:: Instructions to follow ::
Copy exactly the lines from the first line of the records below through the line containing "ghost use Rattle.api_map.specs.Maps as spec;", including both, and nothing else.

Saved data entries:
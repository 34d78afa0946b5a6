//! The members of Map.
ghost use Rattle.std.specs.Prelude.{◌≡◌, None, Some, slice_get};
ghost use Rattle.object_heap.specs.Parts.{pairs_of};
ghost use Rattle.object_values.specs.Pairs.{value_of};
ghost use Rattle.container_outcomes.specs.declared.outcome.Outcome.{Outcome};
ghost use Rattle.api_map.specs.Affording.{Affords};
ghost use Rattle.api_map.specs.Maps as spec;
ghost use Rattle.container_outcomes.specs.Outcomes.{Tells, has_key};
ghost use Rattle.api_map.specs.Searching.{first_from};
ghost use Rattle.value_walks.specs.Equality.{value_now};

use crate::affording::Afforded;
use crate::arguments::map_at;
use crate::errors::no_field;
use crate::guards::{is_mapped, may_put};
use crate::searching::first_of;
use container_outcomes::{
    Found, Outcome, given, is_open, not_simple, null_error, too_deep, too_large, unsupported,
};
use member_arguments::value_at;
use object_heap::Heap;
use object_values::{Guard, Object, Pairs, Part, Value};
use value_walks::{TextErr, VISITS, text_within};

/// A count as an int, at most the greatest one.
pub fn count_as_int(count: usize) -> i32
    ensures { result ≡ spec.count_as_int count }
{
    if count <= 2_147_483_647 {
        count as i32
    } else {
        2_147_483_647
    }
}

/// How many pairs there are.
pub fn size_given(heap: &Heap, id: u32) -> Outcome
    ensures { result ≡ spec.size_given heap.now.objects id }
{
    Outcome::Gives(Value::Int(count_as_int(heap.size(id))))
}

/// Whether there are no pairs.
pub fn emptiness_given(heap: &Heap, id: u32) -> Outcome
    ensures { result ≡ spec.emptiness_given heap.now.objects id }
{
    Outcome::Gives(Value::Bool(heap.size(id) <= 0))
}

fn empty_map(heap: &Heap, id: u32, class: u32, changes: u64) -> Outcome
    ensures { result ≡ spec.empty_map id class changes }
{
    let object = Object::Map {
        class,
        pairs: Pairs::new(heap.alloc(), heap.seed()),
        guard: Guard::Open,
        changes: changes.wrapping_add(1),
    };
    Outcome::Empties(id, object)
}

fn empty_set(heap: &Heap, id: u32, class: u32, changes: u64) -> Outcome
    ensures { result ≡ spec.empty_set id class changes }
{
    let object = Object::Set {
        class,
        items: Pairs::new(heap.alloc(), heap.seed()),
        guard: Guard::Open,
        changes: changes.wrapping_add(1),
    };
    Outcome::Empties(id, object)
}

fn map_emptied(heap: &Heap, id: u32, class: u32, pairs: &Pairs, changes: u64) -> Outcome
    ensures { result ≡ spec.map_emptied id class pairs.now changes }
{
    if pairs.len() == 0 {
        Outcome::Gives(Value::Null)
    } else {
        empty_map(heap, id, class, changes)
    }
}

fn set_emptied(heap: &Heap, id: u32, class: u32, items: &Pairs, changes: u64) -> Outcome
    ensures { result ≡ spec.set_emptied id class items.now changes }
{
    if items.len() == 0 {
        Outcome::Gives(Value::Null)
    } else {
        empty_set(heap, id, class, changes)
    }
}

fn object_emptied(heap: &Heap, id: u32, object: &Object) -> Outcome
    ensures { result ≡ spec.emptied id (Some object.now) }
{
    match object {
        Object::Map {
            class,
            pairs,
            changes,
            ..
        } => map_emptied(heap, id, *class, pairs, *changes),
        Object::Set {
            class,
            items,
            changes,
            ..
        } => set_emptied(heap, id, *class, items, *changes),
        _ => Outcome::Gives(Value::Null),
    }
}

fn emptied(heap: &Heap, id: u32) -> Outcome
    ensures { result ≡ spec.emptied id (slice_get heap.now.objects id) }
{
    match heap.get(id) {
        Some(object) => object_emptied(heap, id, object),
        None => Outcome::Gives(Value::Null),
    }
}

/// A map or a set without its pairs.
pub fn cleared(heap: &Heap, id: u32) -> Outcome
    ensures { Tells (spec.cleared heap.now.objects id) result }
{
    if is_open(heap, id) {
        emptied(heap, id)
    } else {
        unsupported()
    }
}

/// Whether a map or a set has a key.
pub fn has_key(heap: &Heap, id: u32, key: &Value) -> bool
    ensures { result ≡ has_key heap.now.objects id key.now }
{
    match heap.map_get(id, key) {
        Some(_) => true,
        None => false,
    }
}

/// Whether a key is there.
pub fn key_found(heap: &Heap, id: u32, key: &Value) -> Outcome
    ensures { Tells (spec.key_found heap.now.objects id key.now) result }
{
    if key.is_simple() {
        Outcome::Gives(Value::Bool(has_key(heap, id, key)))
    } else {
        not_simple(heap)
    }
}

/// The first pair of a map with a value.
pub fn first_in(heap: &Heap, id: u32, value: &Value) -> Found
    ensures { result ≡ first_from heap.now.objects value.now 0 (pairs_of heap.now.objects id) }
{
    match heap.pairs(id) {
        Some(pairs) => first_of(heap, value, pairs),
        None => Found::Nowhere,
    }
}

/// Whether a value is one of a map's.
pub fn value_found(heap: &Heap, id: u32, value: &Value) -> Outcome
    ensures { Tells (spec.value_found heap.now.objects id value.now) result }
{
    match first_in(heap, id, value) {
        Found::At(_) => Outcome::Gives(Value::Bool(true)),
        Found::Nowhere => Outcome::Gives(Value::Bool(false)),
        Found::Deep => too_deep(heap),
        Found::Large => too_large(heap),
    }
}

// The key's text is made if there is room for it.
#[tactic(auto, using(crate::proofs::FieldRoom::no_room_for_field, crate::proofs::Needing::field_needs))]
fn field_missing(heap: &Heap, key: &Value) -> Afforded
    ensures { Affords heap.now (spec.field_of heap.now.objects key.now None) result }
{
    match text_within(heap, key, VISITS, heap.room_left()) {
        Ok(Some(text)) => Afforded::Told(no_field(heap, text.units())),
        Ok(None) => Afforded::NoRoom,
        Err(TextErr::Deep) => Afforded::Told(too_deep(heap)),
        Err(TextErr::Large) => Afforded::Told(too_large(heap)),
        Err(TextErr::NoMemory) => Afforded::Told(Outcome::NoMemory),
    }
}

fn field_of(heap: &Heap, map: u32, key: &Value) -> Afforded
    ensures { Affords heap.now (spec.field_of heap.now.objects key.now (value_of (pairs_of heap.now.objects map) key.now)) result }
{
    match heap.map_get(map, key) {
        Some(value) => Afforded::Told(given(value)),
        None => field_missing(heap, key),
    }
}

/// The value of a key, or null.
pub fn value_or_null(heap: &Heap, map: u32, key: &Value) -> Outcome
    ensures { Tells (Outcome.Gives (value_now heap.now.objects map key.now)) result }
{
    match heap.map_get(map, key) {
        Some(value) => given(value),
        None => Outcome::Gives(Value::Null),
    }
}

fn value_given(heap: &Heap, map: u32, key: &Value) -> Afforded
    ensures { Affords heap.now (spec.value_given heap.now.objects map key.now) result }
{
    if is_mapped(heap, map) {
        return field_of(heap, map, key);
    }
    if key.is_simple() {
        Afforded::Told(value_or_null(heap, map, key))
    } else {
        Afforded::Told(not_simple(heap))
    }
}

fn value_or(heap: &Heap, map: u32, key: &Value, other: &Value) -> Outcome
    ensures { Tells (spec.this_or (value_of (pairs_of heap.now.objects map) key.now) other.now) result }
{
    match heap.map_get(map, key) {
        Some(value) => given(value),
        None => given(other),
    }
}

fn value_or_given(heap: &Heap, map: u32, key: &Value, other: &Value) -> Outcome
    ensures { Tells (spec.value_or_given heap.now.objects map key.now other.now) result }
{
    if key.is_simple() {
        value_or(heap, map, key, other)
    } else {
        not_simple(heap)
    }
}

/// A value under a key.
pub fn puts(map: u32, key: &Value, value: &Value) -> Outcome
    ensures { Tells (Outcome.Puts map key.now value.now) result }
{
    match (key.share(), value.share()) {
        (Ok(key), Ok(value)) => Outcome::Puts(map, key, value),
        _ => Outcome::NoMemory,
    }
}

fn put_under(heap: &Heap, map: u32, key: &Value, value: &Value) -> Outcome
    ensures { Tells (spec.put_under heap.now.objects map key.now value.now) result }
{
    if !may_put(heap, map, key) {
        return unsupported();
    }
    if key.is_simple() {
        puts(map, key, value)
    } else {
        not_simple(heap)
    }
}

fn put_over(map: u32, key: &Value, value: &Value, before: &Value) -> Outcome
    ensures { Tells (spec.put_over map key.now value.now before.now) result }
{
    match before {
        Value::Null => puts(map, key, value),
        _ => given(before),
    }
}

fn put_over_now(heap: &Heap, map: u32, key: &Value, value: &Value) -> Outcome
    ensures { Tells (spec.put_over map key.now value.now (value_now heap.now.objects map key.now)) result }
{
    match heap.map_get(map, key) {
        Some(before) => put_over(map, key, value, before),
        None => puts(map, key, value),
    }
}

fn put_once(heap: &Heap, map: u32, key: &Value, value: &Value) -> Outcome
    ensures { Tells (spec.put_once heap.now.objects map key.now value.now) result }
{
    if !may_put(heap, map, key) {
        return unsupported();
    }
    if key.is_simple() {
        put_over_now(heap, map, key, value)
    } else {
        not_simple(heap)
    }
}

fn put_present(heap: &Heap, map: u32, key: &Value, value: &Value) -> Outcome
    ensures { Tells (spec.put_present heap.now.objects map key.now value.now) result }
{
    if has_key(heap, map, key) {
        puts(map, key, value)
    } else {
        Outcome::Gives(Value::Null)
    }
}

fn put_again(heap: &Heap, map: u32, key: &Value, value: &Value) -> Outcome
    ensures { Tells (spec.put_again heap.now.objects map key.now value.now) result }
{
    if !may_put(heap, map, key) {
        return unsupported();
    }
    if key.is_simple() {
        put_present(heap, map, key, value)
    } else {
        not_simple(heap)
    }
}

/// `clear()`.
pub fn clear(heap: &Heap, args: &[Value]) -> Outcome
    ensures { Tells (spec.clear heap.now.objects args.now) result }
{
    match map_at(heap, args, 0) {
        Some(map) => cleared(heap, map),
        None => null_error(),
    }
}

/// `containsKey(def)`.
pub fn contains_key(heap: &Heap, args: &[Value]) -> Outcome
    ensures { Tells (spec.contains_key heap.now.objects args.now) result }
{
    match (map_at(heap, args, 0), value_at(args, 1)) {
        (Some(map), Some(key)) => key_found(heap, map, key),
        _ => null_error(),
    }
}

/// `containsValue(def)`.
pub fn contains_value(heap: &Heap, args: &[Value]) -> Outcome
    ensures { Tells (spec.contains_value heap.now.objects args.now) result }
{
    match (map_at(heap, args, 0), value_at(args, 1)) {
        (Some(map), Some(value)) => value_found(heap, map, value),
        _ => null_error(),
    }
}

/// `keySet()`, `values()` and `entrySet()`: a live view of a part.
pub fn view(part: Part, heap: &Heap, args: &[Value]) -> Outcome
    ensures { Tells (spec.view part heap.now.objects args.now) result }
{
    match map_at(heap, args, 0) {
        Some(map) => Outcome::New(Object::View { map, part }),
        None => null_error(),
    }
}

/// `get(def)`.
pub fn get(heap: &Heap, args: &[Value]) -> Afforded
    ensures { Affords heap.now (spec.get heap.now.objects args.now) result }
{
    match (map_at(heap, args, 0), value_at(args, 1)) {
        (Some(map), Some(key)) => value_given(heap, map, key),
        _ => Afforded::Told(null_error()),
    }
}

/// `getOrDefault(def, def)`.
pub fn get_or_default(heap: &Heap, args: &[Value]) -> Outcome
    ensures { Tells (spec.get_or_default heap.now.objects args.now) result }
{
    match (map_at(heap, args, 0), value_at(args, 1), value_at(args, 2)) {
        (Some(map), Some(key), Some(other)) => value_or_given(heap, map, key, other),
        _ => null_error(),
    }
}

/// `isEmpty()`.
pub fn is_empty(heap: &Heap, args: &[Value]) -> Outcome
    ensures { Tells (spec.is_empty heap.now.objects args.now) result }
{
    match map_at(heap, args, 0) {
        Some(map) => emptiness_given(heap, map),
        None => null_error(),
    }
}

/// `put(def, def)`.
pub fn put(heap: &Heap, args: &[Value]) -> Outcome
    ensures { Tells (spec.put heap.now.objects args.now) result }
{
    match (map_at(heap, args, 0), value_at(args, 1), value_at(args, 2)) {
        (Some(map), Some(key), Some(value)) => put_under(heap, map, key, value),
        _ => null_error(),
    }
}

/// `putIfAbsent(def, def)`.
pub fn put_if_absent(heap: &Heap, args: &[Value]) -> Outcome
    ensures { Tells (spec.put_if_absent heap.now.objects args.now) result }
{
    match (map_at(heap, args, 0), value_at(args, 1), value_at(args, 2)) {
        (Some(map), Some(key), Some(value)) => put_once(heap, map, key, value),
        _ => null_error(),
    }
}

/// `replace(def, def)`.
pub fn replace(heap: &Heap, args: &[Value]) -> Outcome
    ensures { Tells (spec.replace heap.now.objects args.now) result }
{
    match (map_at(heap, args, 0), value_at(args, 1), value_at(args, 2)) {
        (Some(map), Some(key), Some(value)) => put_again(heap, map, key, value),
        _ => null_error(),
    }
}

/// `size()`.
pub fn size(heap: &Heap, args: &[Value]) -> Outcome
    ensures { Tells (spec.size heap.now.objects args.now) result }
{
    match map_at(heap, args, 0) {
        Some(map) => size_given(heap, map),
        None => null_error(),
    }
}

:: Solution to the problem ::
repository 34d78afa0946b5a6
//! The members of Map.
ghost use Rattle.std.specs.Prelude.{◌≡◌, None, Some, slice_get};
ghost use Rattle.object_heap.specs.Parts.{pairs_of};
ghost use Rattle.object_values.specs.Pairs.{value_of};
ghost use Rattle.container_outcomes.specs.declared.outcome.Outcome.{Outcome};
ghost use Rattle.api_map.specs.Affording.{Affords};
ghost use Rattle.api_map.specs.Maps as spec;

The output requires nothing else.